Snowflake Arctic-Text2SQL-R1-32B

Snowflake's reasoning-first text-to-SQL model tops the BIRD benchmark at 71.83% execution accuracy, trained with GRPO and a reward that only checks if the SQL runs correctly.

Snowflake Arctic-Text2SQL-R1-32B

Snowflake AI Research built Arctic-Text2SQL-R1 to do one thing: turn a natural language question into SQL that actually runs and returns the right rows. Not chat, not code review, not general reasoning - just SQL, assessed the way a database engineer would evaluate it, by executing the query and checking the result set.

TL;DR

  • The 32B model hit 71.83% execution accuracy on BIRD, the top score of any open or proprietary model at the time
  • Trained with GRPO using a reward that only checks execution correctness - no elaborate scoring, no LLM judge
  • Only the 7B checkpoint has public weights on Hugging Face; the 14B and 32B numbers come from Snowflake's own benchmark reporting

Overview

Text-to-SQL has been a stubborn problem for general-purpose LLMs. Models that write excellent Python routinely produce SQL that parses fine but returns the wrong rows, misses a JOIN condition, or picks the wrong aggregate function. Snowflake's AI Research team took a narrower approach with Arctic-Text2SQL-R1: instead of asking a large general model to get better at everything, they fine-tuned Qwen2.5-Coder checkpoints specifically for SQL generation, using reinforcement learning with a reward tied directly to whether the query executes and matches the expected output.

The result, published in the paper "Arctic-Text2SQL-R1: Simple Rewards, Strong Reasoning in Text-to-SQL" (arXiv:2505.20315) and announced on Snowflake's engineering blog on May 29, 2025, is a three-model family - 7B, 14B, and 32B parameters - built on Qwen2.5-Coder-Instruct bases. The 32B variant reached 71.83% execution accuracy on the BIRD test set, beating the previous BIRD leader, XiYan-32B, by 2.8 percentage points and beating every general-purpose model Snowflake compared it against, according to the engineering blog post.

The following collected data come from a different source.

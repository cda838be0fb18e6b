//! What indexing will add to the index.

ghost use Rattle.std.specs.Prelude.{◌≡◌, ◌≤◌, ◌++◌, [], length, OnOk};
ghost use Rattle.std.specs.FinMap as map;
ghost use Rattle.qe_indexing.specs.Plans.{planned, index_of};

use qe_base::{Counts, NoMemory};
use qe_ecoc::{Ecoc, Entries, Entry};
use qe_esc::{Changes, Esc};
use std::alloc::Global;

/// The index as it stands.
#[derive(Clone, Copy)]
pub struct Standing<'a> {
    /// Where memory comes from.
    pub alloc: Global,
    /// The rows by identifier.
    pub esc: &'a Esc,
    /// The rows that the next compaction or cleanup reads.
    pub ecoc: &'a Ecoc,
}

/// What a command will add to the index, and what its searches found.
#[derive(Drop)]
pub struct Plan {
    /// The rows that are to be added.
    pub changes: Changes,
    /// The rows for compaction that are to follow the others.
    pub entries: Entries,
    /// What each search found, in order.
    pub counts: Counts,
}

impl Plan {
    /// Nothing to be added, behind the counts of earlier searches.
    pub fn new(alloc: Global, counts: Counts) -> Plan
        ensures changes { result.changes ≡ map.empty }
        ensures entries { result.entries ≡ [] }
        ensures counts { result.counts ≡ counts }
    {
        Plan {
            changes: Changes::new(alloc),
            entries: Entries::new(alloc),
            counts,
        }
    }
}

/// Makes room for what is planned.
pub fn make_room(plan: &Plan, esc: &mut Esc, ecoc: &mut Ecoc) -> Result<(), NoMemory>
    ensures index { index_of esc.new ecoc.new ≡ index_of esc.old ecoc.old }
    ensures rows { OnOk result (map.len plan.now.changes ≤ esc.new.spare) }
    ensures entries { OnOk result (length plan.now.entries ≤ ecoc.new.spare) }
{
    esc.reserve(plan.changes.len())?;
    ecoc.reserve(plan.entries.len())
}

/// Adds what is planned, for which there is room. It takes no memory.
pub fn carry_out(plan: &Plan, esc: &mut Esc, ecoc: &mut Ecoc)
    requires rows { map.len plan.now.changes ≤ esc.old.spare }
    requires entries { length plan.now.entries ≤ ecoc.old.spare }
    ensures { index_of esc.new ecoc.new ≡ planned (index_of esc.old ecoc.old) plan.now }
{
    plan.changes.apply(esc);
    add_all(ecoc, plan.entries.slice());
}

// Adds rows for compaction, for which there is room.
fn add_all(ecoc: &mut Ecoc, entries: &[Entry])
    requires { length entries.now ≤ ecoc.old.spare }
    ensures { ecoc.new.rows ≡ ecoc.old.rows ++ entries.now }
{
    for entry in entries {
        ecoc.add(*entry);
    }
}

What makes the family remarkable isn't just the top score. It's how little machinery it took to get there. Competing systems in the text-to-SQL literature often stack schema linking, candidate generation, execution filtering, and multi-agent voting on top of a base model - see our text-to-SQL leaderboard for examples like CHESS and DIN-SQL. Arctic-Text2SQL-R1 gets competitive results from a single fine-tuned model with a three-value reward function.

Key Specifications

SpecificationDetails
ProviderSnowflake AI Research
Model FamilyArctic-Text2SQL-R1
Parameters7B, 14B, 32B (three separate checkpoints)
Base ModelQwen2.5-Coder-Instruct (7B/14B/32B variants)
Context Window32K native, extendable to 128K via YaRN
Training MethodGRPO (Group Relative Policy Optimization) with execution-based reward
Public Weights7B only, on Hugging Face
Release DateMay 29, 2025
LicenseApache 2.0 (7B checkpoint)

The context window figure is inherited from the Qwen2.5-Coder base rather than stated separately in Snowflake's model card, so treat it as the practical ceiling rather than an Arctic-specific spec. It's plenty for most text-to-SQL prompts, which need schema context and a question, not hundreds of thousands of tokens.

Benchmark Performance

Snowflake assessed all three sizes across six datasets: BIRD, Spider, Spider 2.0, Spider-DK, EHRSQL, and ScienceBenchmark. Numbers below are execution accuracy percentages, pulled from Table 7 of the arXiv paper and cross-checked against the Hugging Face model card and engineering blog.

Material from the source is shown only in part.